# Compost Bins



## Little-bit (Oct 19, 2005)

What kind of com[post bins are yall using? I need some ideas. I thought about buying the big one that TSC sales but it's $150. Should I try and make one?


----------



## Muddskipper (Dec 29, 2004)

Just make one ....

I have thought about making one out of 4 x 8 sheets of Hardi plank, since it does not rot .... but If you have access to old metal fencing it would work best, as letting the air in the sides helps ....

I just made two plies, and trun them regulry ....


----------



## Tate (Aug 25, 2005)

I just have a pile myself too, but I have been looking into the best way to build a compost bin because it is more effective. The bin just needs to be able to get air and have access for you to turn it. I have read that 3x3 or 4x4 bins work best because if they get too big it takes a while for the composting process to work. I am probably building 2 bins. One that is 3x 3 and another that is 4x4 to figure out for myself what works best. I plan to use T-post and some fencing that has a small mesh like chicken wire or rabbit wire to make the bins leaving one side that I can open for access. Here is a link to a gardening forum that has a compost section. I read this regularly. Make sure to read the sticky link on greens and browns. Good luck.

http://www.helpfulgardener.com/phpBB2/viewforum.php?f=35&sid=110fa1fa6ba7c72de0e1dd00e8859f87

Tate


----------



## Meadowlark (Jul 19, 2008)

The bins are probably a better way...buy I just a pile and turn it occasionally with front-end loader. We compost everything from the kitchen, garden, etc...everything plant related. It is very worthwhile and pays many dividends in gardening.


----------



## cva34 (Dec 22, 2008)

*compost*

I'm sure you can find 4 PALLETS stand them on edge and wire together in a square.Thats one, get 3 more and wire them to the first to make a rectangle and your there.At no cost and 2 bins work best, that way once you get 1 full and working just shovel it to the empty 1 every week or so and your in business. CVA34


----------



## sergio380 (Dec 13, 2008)

i made one from scrap lumber from work. its a 3 bin set up. only thing i bought was the rabbit wire. feels better when you make your own. working great.


----------



## Rubberback (Sep 9, 2008)

I just built mine. Used that plastic safety netting that they use in construction & 4 t-post. Bought from home depot.


----------



## flatsfats (May 21, 2004)

I got lucky and found one of the tumbler type that my boss didn't want anymore. The frame was rusted out. I took the barrel home and put a piece of 1/2" galvanized pipe thru it. Then I set two 4x4 posts in concrete next to my little raised garden to mount it on.

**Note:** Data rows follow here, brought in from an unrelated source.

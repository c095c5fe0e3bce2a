//! The present edges of a view.
ghost use Rattle.std.specs.Prelude.{◌≡◌, ◌<◌, ◌*◌, ℕ, [], ◌∷◌, ◌++◌, length, map, IfOk, OnOk, if◌then◌else◌};
ghost use Rattle.std.specs.List.{All};
ghost use Rattle.std.specs.Ordering.{nat_cmp};
ghost use Rattle.graph_model.specs.declared.events.Model.TheVariants.{Event as Instants};
ghost use Rattle.graph_model.specs.Answer.{EdgeRow, row_fields};
ghost use Rattle.graph_model.specs.Entity.{edge_cmp};
ghost use Rattle.graph_model.specs.Output.{world_row};
ghost use Rattle.graph_model.specs.Presence.{edges};
ghost use Rattle.graph_model.specs.Rising.{Rises};
ghost use Rattle.graph_model.specs.RowText.{rows_text};
ghost use Rattle.view_trait.specs.Coverage.{Covers, edge_count_on};
ghost use Rattle.view_trait.specs.Meaning.{StepsWithin, edge_named};
ghost use Rattle.view_trait.specs.Numbered.{is_listed};
ghost use Rattle.present_links.specs.Links.{has_edge};
ghost use Rattle.answer_parts.specs.WorldPart.{part_rows};
ghost use Rattle.view_answers.specs.Edges.{edge_told};

use crate::answer_rows::add_edge;
use answer_parts::add_world;
use event_rows::RowWriter;
use graph_model::{Bounds, Memory, Name};
use graph_store::{EdgeId, Store};
use std::alloc::Global;
use std::cmp::Ordering;
use std::sync::ledger::Ledger;
use time_column::Steps;
use view_trait::{Roster, View, edge_present};

/// An edge by the names of its parts, which a store keeps.
#[derive(Clone, Copy)]
pub struct NamedEdge<'s> {
    pub src: &'s Name,
    pub dst: &'s Name,
    pub layer: &'s Name,
}

/// The names of an edge's parts.
fn named_edge(store: &Store, e: EdgeId) -> NamedEdge<'_>
    requires { e.0 < length store.now.edges }
    ensures { edge_told result ≡ edge_named store.now e.0 }
{
    let parts = store.edge_parts(e);
    let src = store.node_name(parts.0);
    let dst = store.node_name(parts.1);
    let layer = store.layer_name(parts.2);
    NamedEdge { src, dst, layer }
}

/// How two edges compare: by their sources, then by their destinations, and then by their layers.
fn compare_edges(a: &NamedEdge<'_>, b: &NamedEdge<'_>) -> Ordering
    ensures { result ≡ edge_cmp (edge_told a.now) (edge_told b.now) }
{
    let by_src = a.src.cmp(b.src);
    if by_src.is_ne() {
        return by_src;
    }
    let by_dst = a.dst.cmp(b.dst);
    if by_dst.is_ne() {
        return by_dst;
    }
    a.layer.cmp(b.layer)
}

/// Adds the number of an edge, if the store has it and the view shows it.
fn push_present<V: View, L: Ledger>(
    numbers: &mut Vec<u32>,
    view: &V,
    e: EdgeId,
    steps: &mut Steps<L>,
) -> Result<(), Memory>
    ensures numbers { let present = has_edge (V.contents view.now) (V.world view.now) e.0 in
        let more = if present then e.0 ∷ [] else [] in
        OnOk result (numbers.new.items ≡ numbers.old.items ++ more) }
    ensures cost { let among = length (V.contents view.now).accepted in
        (V.world view.now).model ≡ Instants
        → StepsWithin steps.old steps.new (V.searches view.now).edges among }
{
    if e.0 >= view.store().edges() {
        return Ok(());
    }
    if edge_present(view, e, steps) {
        numbers.push(e.0)?;
    }
    Ok(())
}

/// The numbers of the present edges, each once, rising. The span of each edge on the roster is asked
/// once.
fn present_edges<V: View, L: Ledger>(
    alloc: Global,
    view: &V,
    roster: Roster<'_>,
    steps: &mut Steps<L>,
) -> Result<Vec<u32>, Memory>
    requires covers { Covers (V.contents view.now) (V.world view.now) roster }
    ensures rise { IfOk result (λ numbers. Rises nat_cmp numbers.items) }
    ensures present { let present = has_edge (V.contents view.now) (V.world view.now) in
        IfOk result (λ numbers. (e : ℕ) → is_listed numbers.items e ≡ present e) }
    ensures cost { let among = length (V.contents view.now).accepted in
        let searches = edge_count_on (V.contents view.now) roster.entry * (V.searches view.now).edges in
        (V.world view.now).model ≡ Instants → StepsWithin steps.old steps.new searches among }
{
    let store = view.store();
    let mut numbers = Vec::new(alloc);
    for i in 0..roster.edge_count_on(store) {
        push_present(&mut numbers, view, roster.edge(store, i), steps)?;
    }
    numbers.sort_unstable();
    numbers.dedup();
    Ok(numbers)
}

/// Edges with the names of their parts, in the order of their numbers.
fn with_names<'s>(
    alloc: Global,
    store: &'s Store,
    numbers: &[u32],
) -> Result<Vec<NamedEdge<'s>>, Memory>
    requires { All (λ e. e < length store.now.edges) numbers.now }
    ensures { let names = map (edge_named store.now) numbers.now in
        IfOk result (λ named. map edge_told named.items ≡ names) }
{
    let mut named = Vec::with_capacity(alloc, numbers.len())?;
    for e in numbers {
        named.push(named_edge(store, EdgeId(*e)))?;
    }
    Ok(named)
}

/// The present edges, rising by the bytes of source, destination and layer.
fn sorted_edges<'v, V: View, L: Ledger>(
    alloc: Global,
    view: &'v V,
    roster: Roster<'_>,
    steps: &mut Steps<L>,
) -> Result<Vec<NamedEdge<'v>>, Memory>
    requires covers { Covers (V.contents view.now) (V.world view.now) roster }
    ensures names { IfOk result (λ sorted. map edge_told sorted.items ≡ edges (V.world view.now)) }
    ensures cost { let among = length (V.contents view.now).accepted in
        let searches = edge_count_on (V.contents view.now) roster.entry * (V.searches view.now).edges in
        (V.world view.now).model ≡ Instants → StepsWithin steps.old steps.new searches among }
{
    let numbers = present_edges(alloc, view, roster, steps)?;
    let mut named = with_names(alloc, view.store(), numbers.as_slice())?;
    named.sort_unstable_by(|a, b| compare_edges(a, b));
    Ok(named)
}

/// Adds the part of a world with these bounds whose answer has a row for each of some edges.
fn add_listed(out: &mut RowWriter, bounds: Bounds, listed: &[NamedEdge<'_>]) -> Result<(), Memory>
    ensures { let answer = map (λ e. EdgeRow (edge_told e)) listed.now in
        OnOk result (out.new ≡ out.old
        ++ rows_text (world_row bounds (length listed.now) ∷ map row_fields answer)) }
{
    add_world(out, bounds, listed.len())?;
    for edge in listed {
        add_edge(out, edge.src, edge.dst, edge.layer)?;
    }
    Ok(())
}

/// Adds the part of the world of a view: its present edges. They are the same for every roster that
/// covers the view.
pub fn add_edges<V: View, L: Ledger>(
    alloc: Global,
    out: &mut RowWriter,
    view: &V,
    roster: Roster<'_>,
    steps: &mut Steps<L>,
) -> Result<(), Memory>
    requires covers { Covers (V.contents view.now) (V.world view.now) roster }
    ensures rows { let w = V.world view.now in
        OnOk result (out.new ≡ out.old ++ rows_text (part_rows w (map EdgeRow (edges w)))) }
    ensures cost { let among = length (V.contents view.now).accepted in
        let searches = edge_count_on (V.contents view.now) roster.entry * (V.searches view.now).edges in
        (V.world view.now).model ≡ Instants → StepsWithin steps.old steps.new searches among }
{
    let sorted = sorted_edges(alloc, view, roster, steps)?;
    add_listed(out, view.bounds(), sorted.as_slice())
}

Works great. A person could fabricate something similar. A plastic barrel and some kind of fins to mount inside it for agitation. 

It would be worth the money if one had to buy one IMO.


----------



## fletchoman (Nov 30, 2008)

I paid too much money for one of these:
http://www.compostbins.com/compost-bins/compost-tumblers/rotocomposter12cubicfeetcompostbin.cfm

My yard space is measured in square feet not acres...I have the bin placed out of the way where it gets ~ 5 hrs of sun every day. It will make grass cuttings into compost in a few weeks. I collect compost tea easily to use in my home-made Garrett juice. I like the compost bin for what it does but I consider it way over priced for what you get.


----------



## sharplazer (Feb 25, 2010)

The three bin composters on this thread are great. 5bin systems would be better. But nothing beats open piles. Just spread a pile mix in fresh materials repile and water as you go. Next time rebuild it right beside itself doing the same thing. Just keep building the pile bigger until it can slit in two and start the process again until it is big enough to divde again and so on. Then use accordingly. Sharplazer


----------



## Muddskipper (Dec 29, 2004)

So I got to listen to a guy on the radio about what two componets your compost needs .... and it's nitrogen and carbon ...

And grass is a nitrogen, and tree (leaves) is a carbon ....

You need more nitrogen than carbon, as the carbon that you put in there goes a long way ....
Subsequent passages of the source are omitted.